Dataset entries
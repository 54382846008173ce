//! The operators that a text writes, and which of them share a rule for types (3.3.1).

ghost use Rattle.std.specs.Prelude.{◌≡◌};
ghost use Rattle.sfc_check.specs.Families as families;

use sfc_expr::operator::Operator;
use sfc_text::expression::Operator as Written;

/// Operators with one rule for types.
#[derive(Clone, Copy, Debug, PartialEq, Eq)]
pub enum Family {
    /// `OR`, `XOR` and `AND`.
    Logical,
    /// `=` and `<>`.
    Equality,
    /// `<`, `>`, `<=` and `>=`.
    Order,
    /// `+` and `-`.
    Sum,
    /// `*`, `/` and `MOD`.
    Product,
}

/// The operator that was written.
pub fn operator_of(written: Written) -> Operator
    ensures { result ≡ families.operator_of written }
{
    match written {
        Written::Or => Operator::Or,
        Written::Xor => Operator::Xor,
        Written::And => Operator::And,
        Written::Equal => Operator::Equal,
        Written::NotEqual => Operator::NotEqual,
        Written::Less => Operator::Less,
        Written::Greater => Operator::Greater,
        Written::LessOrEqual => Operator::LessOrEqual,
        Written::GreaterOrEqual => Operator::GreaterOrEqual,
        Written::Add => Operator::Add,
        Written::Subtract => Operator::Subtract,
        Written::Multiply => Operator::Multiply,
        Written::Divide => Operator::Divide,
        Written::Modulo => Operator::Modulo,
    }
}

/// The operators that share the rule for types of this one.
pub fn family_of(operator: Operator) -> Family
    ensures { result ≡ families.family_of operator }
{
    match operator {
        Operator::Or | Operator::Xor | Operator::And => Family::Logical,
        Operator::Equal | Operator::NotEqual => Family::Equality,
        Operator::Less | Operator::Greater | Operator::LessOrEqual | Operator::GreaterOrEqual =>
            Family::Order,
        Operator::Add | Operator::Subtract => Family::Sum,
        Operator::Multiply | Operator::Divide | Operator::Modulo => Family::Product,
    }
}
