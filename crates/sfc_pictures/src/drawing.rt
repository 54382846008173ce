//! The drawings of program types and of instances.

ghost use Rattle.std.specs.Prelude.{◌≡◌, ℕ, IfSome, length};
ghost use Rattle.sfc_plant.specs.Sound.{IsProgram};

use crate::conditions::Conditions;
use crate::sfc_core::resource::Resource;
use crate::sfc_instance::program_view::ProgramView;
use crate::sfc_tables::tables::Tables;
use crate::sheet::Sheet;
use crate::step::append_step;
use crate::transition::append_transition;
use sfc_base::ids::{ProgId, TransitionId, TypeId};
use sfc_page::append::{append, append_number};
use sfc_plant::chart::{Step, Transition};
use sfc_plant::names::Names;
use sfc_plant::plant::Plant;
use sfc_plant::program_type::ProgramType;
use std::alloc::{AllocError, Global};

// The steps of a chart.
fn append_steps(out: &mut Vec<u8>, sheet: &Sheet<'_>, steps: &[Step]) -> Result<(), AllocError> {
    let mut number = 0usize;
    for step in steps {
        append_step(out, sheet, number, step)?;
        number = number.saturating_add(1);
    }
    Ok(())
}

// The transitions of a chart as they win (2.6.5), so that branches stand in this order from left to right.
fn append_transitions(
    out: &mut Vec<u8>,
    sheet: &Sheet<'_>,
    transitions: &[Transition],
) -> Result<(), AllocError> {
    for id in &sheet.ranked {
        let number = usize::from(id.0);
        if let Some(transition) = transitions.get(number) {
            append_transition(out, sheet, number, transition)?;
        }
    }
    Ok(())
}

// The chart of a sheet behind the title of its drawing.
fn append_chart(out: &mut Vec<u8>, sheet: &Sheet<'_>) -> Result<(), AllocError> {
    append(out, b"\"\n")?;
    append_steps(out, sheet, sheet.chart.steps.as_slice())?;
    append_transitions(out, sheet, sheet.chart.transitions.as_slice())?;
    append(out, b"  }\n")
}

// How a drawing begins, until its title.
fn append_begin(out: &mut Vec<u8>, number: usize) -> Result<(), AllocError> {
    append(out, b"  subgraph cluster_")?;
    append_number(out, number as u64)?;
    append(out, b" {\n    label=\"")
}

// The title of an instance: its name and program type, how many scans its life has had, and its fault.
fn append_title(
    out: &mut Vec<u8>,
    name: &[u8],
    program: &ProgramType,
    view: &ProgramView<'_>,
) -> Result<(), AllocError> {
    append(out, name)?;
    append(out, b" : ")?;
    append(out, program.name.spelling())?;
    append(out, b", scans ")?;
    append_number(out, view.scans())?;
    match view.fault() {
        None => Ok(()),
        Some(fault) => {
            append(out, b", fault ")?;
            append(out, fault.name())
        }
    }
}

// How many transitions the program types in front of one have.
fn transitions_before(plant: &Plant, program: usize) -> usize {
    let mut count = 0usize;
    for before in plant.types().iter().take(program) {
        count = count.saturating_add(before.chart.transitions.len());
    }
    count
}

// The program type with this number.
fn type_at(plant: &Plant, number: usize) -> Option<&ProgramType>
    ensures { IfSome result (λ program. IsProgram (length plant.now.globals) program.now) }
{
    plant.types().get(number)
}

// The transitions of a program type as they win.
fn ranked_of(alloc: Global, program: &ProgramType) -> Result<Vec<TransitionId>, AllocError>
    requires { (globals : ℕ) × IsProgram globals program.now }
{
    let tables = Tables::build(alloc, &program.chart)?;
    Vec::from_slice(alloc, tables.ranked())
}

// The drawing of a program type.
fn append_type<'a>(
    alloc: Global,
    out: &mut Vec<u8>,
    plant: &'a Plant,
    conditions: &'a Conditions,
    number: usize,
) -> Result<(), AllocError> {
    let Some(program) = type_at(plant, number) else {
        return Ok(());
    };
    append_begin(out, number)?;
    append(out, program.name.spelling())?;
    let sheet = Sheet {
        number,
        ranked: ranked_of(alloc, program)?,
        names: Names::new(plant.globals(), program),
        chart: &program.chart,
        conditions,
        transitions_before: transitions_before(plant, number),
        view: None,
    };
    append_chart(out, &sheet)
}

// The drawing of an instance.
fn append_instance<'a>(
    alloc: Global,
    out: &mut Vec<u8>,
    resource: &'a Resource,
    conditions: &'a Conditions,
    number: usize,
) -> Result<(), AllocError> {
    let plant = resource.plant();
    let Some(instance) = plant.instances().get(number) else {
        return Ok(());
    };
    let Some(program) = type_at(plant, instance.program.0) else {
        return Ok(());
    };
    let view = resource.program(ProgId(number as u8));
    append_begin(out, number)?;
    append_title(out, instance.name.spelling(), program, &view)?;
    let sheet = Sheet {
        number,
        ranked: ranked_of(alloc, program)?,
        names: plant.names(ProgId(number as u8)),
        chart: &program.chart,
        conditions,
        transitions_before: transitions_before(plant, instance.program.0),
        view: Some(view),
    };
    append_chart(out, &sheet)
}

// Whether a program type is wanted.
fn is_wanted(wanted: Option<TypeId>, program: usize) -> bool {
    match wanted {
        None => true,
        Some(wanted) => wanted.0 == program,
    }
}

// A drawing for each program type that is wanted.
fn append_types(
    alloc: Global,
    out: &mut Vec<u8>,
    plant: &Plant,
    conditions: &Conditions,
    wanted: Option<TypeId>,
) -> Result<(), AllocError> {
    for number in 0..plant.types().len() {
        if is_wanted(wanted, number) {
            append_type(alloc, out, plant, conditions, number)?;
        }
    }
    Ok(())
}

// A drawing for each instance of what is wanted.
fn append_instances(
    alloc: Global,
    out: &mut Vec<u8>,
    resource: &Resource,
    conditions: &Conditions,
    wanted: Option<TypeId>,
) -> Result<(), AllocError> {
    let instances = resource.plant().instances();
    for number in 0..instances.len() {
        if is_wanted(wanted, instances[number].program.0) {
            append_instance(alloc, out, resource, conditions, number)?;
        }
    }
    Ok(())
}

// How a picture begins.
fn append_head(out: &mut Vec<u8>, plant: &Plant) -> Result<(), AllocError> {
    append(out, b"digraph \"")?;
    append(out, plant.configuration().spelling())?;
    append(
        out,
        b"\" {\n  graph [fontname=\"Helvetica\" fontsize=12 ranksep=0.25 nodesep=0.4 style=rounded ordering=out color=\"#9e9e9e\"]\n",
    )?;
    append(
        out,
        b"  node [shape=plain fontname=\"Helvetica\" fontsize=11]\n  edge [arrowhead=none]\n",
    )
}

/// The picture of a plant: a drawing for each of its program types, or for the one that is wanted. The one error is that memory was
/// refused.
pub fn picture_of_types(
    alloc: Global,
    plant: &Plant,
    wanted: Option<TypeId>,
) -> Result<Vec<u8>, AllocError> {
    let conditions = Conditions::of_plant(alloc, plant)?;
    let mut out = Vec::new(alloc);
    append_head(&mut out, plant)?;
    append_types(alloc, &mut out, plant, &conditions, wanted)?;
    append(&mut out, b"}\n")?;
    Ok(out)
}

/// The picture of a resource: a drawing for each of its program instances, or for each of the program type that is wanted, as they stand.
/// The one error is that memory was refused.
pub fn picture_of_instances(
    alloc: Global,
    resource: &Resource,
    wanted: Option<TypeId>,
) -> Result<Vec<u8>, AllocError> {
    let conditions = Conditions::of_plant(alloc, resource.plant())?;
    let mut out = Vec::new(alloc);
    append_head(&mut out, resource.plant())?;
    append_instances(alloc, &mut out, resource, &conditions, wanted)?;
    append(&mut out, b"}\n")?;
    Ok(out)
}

_About this exercise_:
Examine the data above and state how many of its lines contain the word "Multiply", with no further remarks.

_Output below_:
2